ヘッドホンなど製造の富士高実業、23年3月期中間決算は約29%の増収で黒字転換

ヘッドホンなど製造の富士高実業、23年3月期中間決算は約29%の増収で黒字転換

ヘッドホンなどの音響機器メーカー、富士高実業(00927/香港)が12月5日、2023年3月期の中間決算を発表した。前年同期比で約29%の増収となり、損益も黒字に転換した。(イメージ写真提供:123RF)

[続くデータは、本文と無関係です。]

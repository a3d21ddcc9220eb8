// What a C program can ask of the engine, as functions of numbers, slices and policies in three numbers. The static library `setxulda` exports each to C.
#![tactic(auto)]

mod calls;
mod check;
mod fault;
mod number;
mod policy;
mod run;

pub use calls::{check_log, check_setup, check_tape, read_log, run_tape, run_tape_on_logs};
pub use policy::PolicyEntry;
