// The numbers by which C is told what a call came to.
ghost use Rattle.std.specs.Prelude.{◌≡◌};
ghost use Rattle.protocol.specs.Refusals.{outcome, refusal_number};
ghost use Rattle.c_calls.specs.Numbers.{number_of, value_or};

use protocol::Refusal;

pub(crate) fn refusal_number(refusal: Refusal) -> u32
    ensures { result ≡ refusal_number refusal }
{
    u32::from(refusal.number())
}

// 0, or the refusal's number.
pub(crate) fn answer(checked: Result<(), Refusal>) -> u32
    ensures { result ≡ number_of (outcome checked) }
{
    match checked {
        Ok(()) => 0,
        Err(refusal) => refusal_number(refusal),
    }
}

// 0 and how many bytes of lines there are, or the refusal's number and 0.
pub(crate) fn told(ran: Result<usize, Refusal>, lines_used: &mut usize) -> u32
    ensures number { result ≡ number_of (outcome ran) }
    ensures used { lines_used.new ≡ value_or 0 (outcome ran) }
{
    match ran {
        Ok(used) => {
            *lines_used = used;
            0
        }
        Err(refusal) => {
            *lines_used = 0;
            refusal_number(refusal)
        }
    }
}
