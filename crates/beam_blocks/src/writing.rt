//! Blocks, written.
ghost use Rattle.std.specs.Prelude.{◌≡◌, ◌<◌, ◌^◌, ◌++◌, length, OnOk, OnErr};
ghost use Rattle.beam_blocks.specs.Blocks.{block};

use crate::sums::sums_of;
use std::alloc::AllocError;

/// Appends the block of a content. Where memory is refused nothing is appended.
#[tactic(auto, unfolding(crate::specs::Blocks::block))]
pub fn put_block(out: &mut Vec<u8>, content: &[u8]) -> Result<(), AllocError>
    requires { length content.now < 2 ^ 32 }
    ensures ok { OnOk result (out.new.items ≡ out.old.items ++ block content.now) }
    ensures err { OnErr result (out.new.items ≡ out.old.items) }
{
    let count = content.len() as u32;
    let sums = sums_of(content);
    out.reserve(16 + content.len())?;
    out.extend_from_slice(&count.to_be_bytes())?;
    out.extend_from_slice(&(u32::MAX - count).to_be_bytes())?;
    out.extend_from_slice(&sums.first.to_be_bytes())?;
    out.extend_from_slice(&sums.second.to_be_bytes())?;
    out.extend_from_slice(content)?;
    Ok(())
}
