//! Blocks of bytes, one after another. Each has a header of 16 bytes before its content: how many bytes the content has, the same count in a
//! mirror, and Fletcher's sums of the content.
#![tactic(auto)]

pub mod laws;
mod reading;
mod sums;
mod writing;

pub use reading::{BlockFault, block_in};
pub use writing::put_block;
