//! Blocks, read from the front of bytes.
ghost use Rattle.std.specs.Prelude.{◌≡◌, ◌↔◌, ◌+◌, ◌≤◌, length, IfOk, IsErrOf, MatchOption};
ghost use Rattle.beam_blocks.specs.Blocks.{no_bytes, cut_block, bad_block, one_block, block_in, number_at, after_header};

use crate::sums::sums_of;

/// Why no whole block stands at the front of bytes.
#[derive(Clone, Copy, Debug, PartialEq, Eq)]
pub enum BlockFault {
    /// The bytes end before a header does, or before the content that a header counts. With more bytes it may be a block.
    Cut,
    /// The bytes begin with no block, whatever follows them: the count and its mirror disagree, or the content has other sums.
    Bad,
}

/// The number in the four bytes at a place.
fn number(bytes: &[u8], at: usize) -> u32
    requires { at + 4 ≤ length bytes.now }
    ensures { result ≡ number_at at bytes.now }
{
    u32::from_be_bytes([bytes[at], bytes[at + 1], bytes[at + 2], bytes[at + 3]])
}

/// The content after a header, and the bytes after it.
#[tactic(auto, unfolding(crate::specs::Blocks::after_header))]
fn after_header(
    count: u32,
    mirror: u32,
    first: u32,
    second: u32,
    rest: &[u8],
) -> Result<(&[u8], &[u8]), BlockFault>
    ensures found { IfOk result (λ p. after_header count mirror first second rest.now ≡ one_block p.0.now p.1.now) }
    ensures cut { IsErrOf result BlockFault.Cut → after_header count mirror first second rest.now ≡ cut_block }
    ensures bad { IsErrOf result BlockFault.Bad → after_header count mirror first second rest.now ≡ bad_block }
{
    if u64::from(count) + u64::from(mirror) != 0xFFFF_FFFF {
        return Err(BlockFault::Bad);
    }
    let count = count as usize;
    if rest.len() < count {
        return Err(BlockFault::Cut);
    }
    let (content, rest) = rest.split_at(count);
    let sums = sums_of(content);
    if sums.first == first && sums.second == second {
        Ok((content, rest))
    } else {
        Err(BlockFault::Bad)
    }
}

/// The content of the block at the front, and the bytes after the block; `None` exactly where there are no bytes. It takes no memory.
#[tactic(auto, unfolding(crate::specs::Blocks::block_in))]
pub fn block_in(bytes: &[u8]) -> Result<Option<(&[u8], &[u8])>, BlockFault>
    ensures found { IfOk result (λ o. MatchOption o (block_in bytes.now ≡ no_bytes) (λ p. block_in bytes.now ≡ one_block p.0.now p.1.now)) }
    ensures cut { IsErrOf result BlockFault.Cut ↔ (block_in bytes.now ≡ cut_block) }
    ensures bad { IsErrOf result BlockFault.Bad ↔ (block_in bytes.now ≡ bad_block) }
{
    if bytes.is_empty() {
        return Ok(None);
    }
    if bytes.len() < 16 {
        return Err(BlockFault::Cut);
    }
    let (count, mirror) = (number(bytes, 0), number(bytes, 4));
    let (first, second) = (number(bytes, 8), number(bytes, 12));
    let (_header, rest) = bytes.split_at(16);
    let (content, rest) = after_header(count, mirror, first, second, rest)?;
    Ok(Some((content, rest)))
}
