//! Fletcher's sums of bytes.
ghost use Rattle.std.specs.Prelude.{◌≡◌};
ghost use Rattle.beam_blocks.specs.Blocks.{sums_of, with_byte, initial_sums};

/// Fletcher's sums of bytes: 1 and the bytes, and the first sums up to each byte. Both modulo 2^32.
#[derive(Clone, Copy)]
pub(crate) struct FletcherSums {
    pub(crate) first: u32,
    pub(crate) second: u32,
}

impl FletcherSums {
    /// The sums of no bytes.
    fn new() -> FletcherSums
        ensures { result ≡ initial_sums }
    {
        FletcherSums {
            first: 1,
            second: 0,
        }
    }

    /// The sums with one more byte.
    #[tactic(auto, unfolding(crate::specs::Blocks::with_byte))]
    fn with(self, byte: u8) -> FletcherSums
        ensures { result ≡ with_byte self byte }
    {
        let first = self.first.wrapping_add(u32::from(byte));
        FletcherSums {
            first,
            second: self.second.wrapping_add(first),
        }
    }
}

/// The sums of bytes.
pub(crate) fn sums_of(bytes: &[u8]) -> FletcherSums
    ensures { result ≡ sums_of bytes.now }
{
    let mut sums = FletcherSums::new();
    for byte in bytes {
        sums = sums.with(*byte);
    }
    sums
}
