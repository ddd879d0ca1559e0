//! Laws of blocks. The functions do nothing: their contracts are proved.
ghost use Rattle.std.specs.Prelude.{◌≡◌, ◌≢◌, ◌<◌, ◌↔◌, ◌++◌, ℕ, List, get_or, length, set, take};
ghost use Rattle.beam_blocks.specs.Blocks.{AreBytes, AreShort, IsBeginning, IsShort, at_bad_block, bad_block, between_blocks, block, block_in, blocks_in, blocks_of, cut_block, inside_block, no_blocks, no_bytes, one_block, with_content, with_contents};

/// What was written is read, whatever bytes follow it.
#[tactic(auto, using(crate::proofs::RoundTrip::written_again))]
pub fn written_is_read()
    ensures { (contents : List (List ℕ)) (more : List ℕ) → AreShort contents → blocks_in (blocks_of contents ++ more) ≡ with_contents contents (blocks_in more) }
{}

/// What is read stands there: a block is found exactly where one stands, and a file is the blocks that are read and what is left of it.
#[tactic(auto, using(crate::proofs::Stands::blocks_stand))]
pub fn read_stands()
    ensures one { (bytes content rest : List ℕ) → AreBytes bytes → (block_in bytes ≡ one_block content rest) ↔ (IsShort content × (bytes ≡ block content ++ rest)) }
    ensures all { (bytes : List ℕ) → AreBytes bytes → bytes ≡ blocks_of (blocks_in bytes).contents ++ (blocks_in bytes).rest }
{}

/// The first bytes of a file say what its first block is, once they have a whole one or a bad one, whatever more bytes follow.
#[tactic(auto, using(crate::proofs::MoreBytes::none_found, crate::proofs::MoreBytes::cut_found, crate::proofs::MoreBytes::bad_found, crate::proofs::MoreBytes::one_found))]
pub fn found_first()
    ensures none { (bytes : List ℕ) → block_in bytes ≡ no_bytes → blocks_in bytes ≡ no_blocks bytes between_blocks }
    ensures cut { (bytes : List ℕ) → block_in bytes ≡ cut_block → blocks_in bytes ≡ no_blocks bytes inside_block }
    ensures bad { (bytes more : List ℕ) → block_in bytes ≡ bad_block → blocks_in (bytes ++ more) ≡ no_blocks (bytes ++ more) at_bad_block }
    ensures one { (bytes more content rest : List ℕ) → block_in bytes ≡ one_block content rest
        → blocks_in (bytes ++ more) ≡ with_content content (blocks_in (rest ++ more)) }
{}

/// The first n bytes of what was written are read as the first of its blocks, and no bad block is found.
#[tactic(auto, using(crate::proofs::Cuts::cut_again))]
pub fn cut_is_a_beginning()
    ensures { (contents : List (List ℕ)) (n : ℕ) → AreShort contents → IsBeginning contents (blocks_in (take n (blocks_of contents))) }
{}

/// Blocks that were synced are found, whatever bytes a power cut left after them.
#[tactic(auto, using(crate::proofs::RoundTrip::synced_again))]
pub fn synced_stands()
    ensures { (synced : List (List ℕ)) (more : List ℕ) → AreShort synced → (others : List (List ℕ)) × ((blocks_in (blocks_of synced ++ more)).contents ≡ synced ++ others) }
{}

/// A block of which one byte is another is a bad block, whatever bytes follow it.
#[tactic(auto, using(crate::proofs::ChangedBytes::changed_again))]
pub fn changed_byte_is_found()
    ensures { (content more : List ℕ) (at byte : ℕ) → IsShort content → AreBytes content → at < length (block content) → byte < 256
        → byte ≢ get_or (block content) at 0 → block_in (set (block content) at byte ++ more) ≡ bad_block }
{}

 ヘッドホンなどの音響機器メーカー、富士高実業(00927/香港)が12月5日、2023年3月期の中間決算を発表した。前年同期比で約29%の増収となり、損益も黒字に転換した。
 
 22年4〜9月期の売上高は5億3131万香港ドルで、前年同時期の4億1223万ドルから28.89%増加した。事業別ではヘッドセット・ヘッドフォンが3億5484万ドル(前年同期比19.35%増)、関連部品が1億8998万ドル(同47.91%増)となった。
 
 ヘッドセット・ヘッドフォン製品は新型コロナの影響が続く中で、新製品の売れ行きが好調だった。また、アクティブノイズキャンセリング、ハイブリッド式アクティブノイズキャンセリング、完全ワイヤレスなどの先進技術の開発に取り組むとともに、コールセンターやオフィス向けの製品を新たに開発、売上増に繋がった。また、音響製品市場が低調な中で関連部品の売上は好調を維持した。
 
 4〜9月期の純損益は642万ドルの黒字で、2125万ドルの赤字だった前年同時期から黒字転換を実現した。原料コストが増加した一方でスケールメリットが高まったこと、不採算事業の停止などによる人件費コストの削減によって売上総利益率が大幅に改善したことが大きな黒字化の大きな要因となった。
 
 今後の展望について同社は、9月に発売した低遅延無線通信技術搭載の高性能ヘッドセット、コールセンターおよびオフィス向け製品による売上のほか、複数の新製品を発売する予定もあり、大きな成長が期待できるとしている。(編集担当:今関忠馬)(イメージ写真提供:123RF)

  • 記事にコメントを書いてみませんか?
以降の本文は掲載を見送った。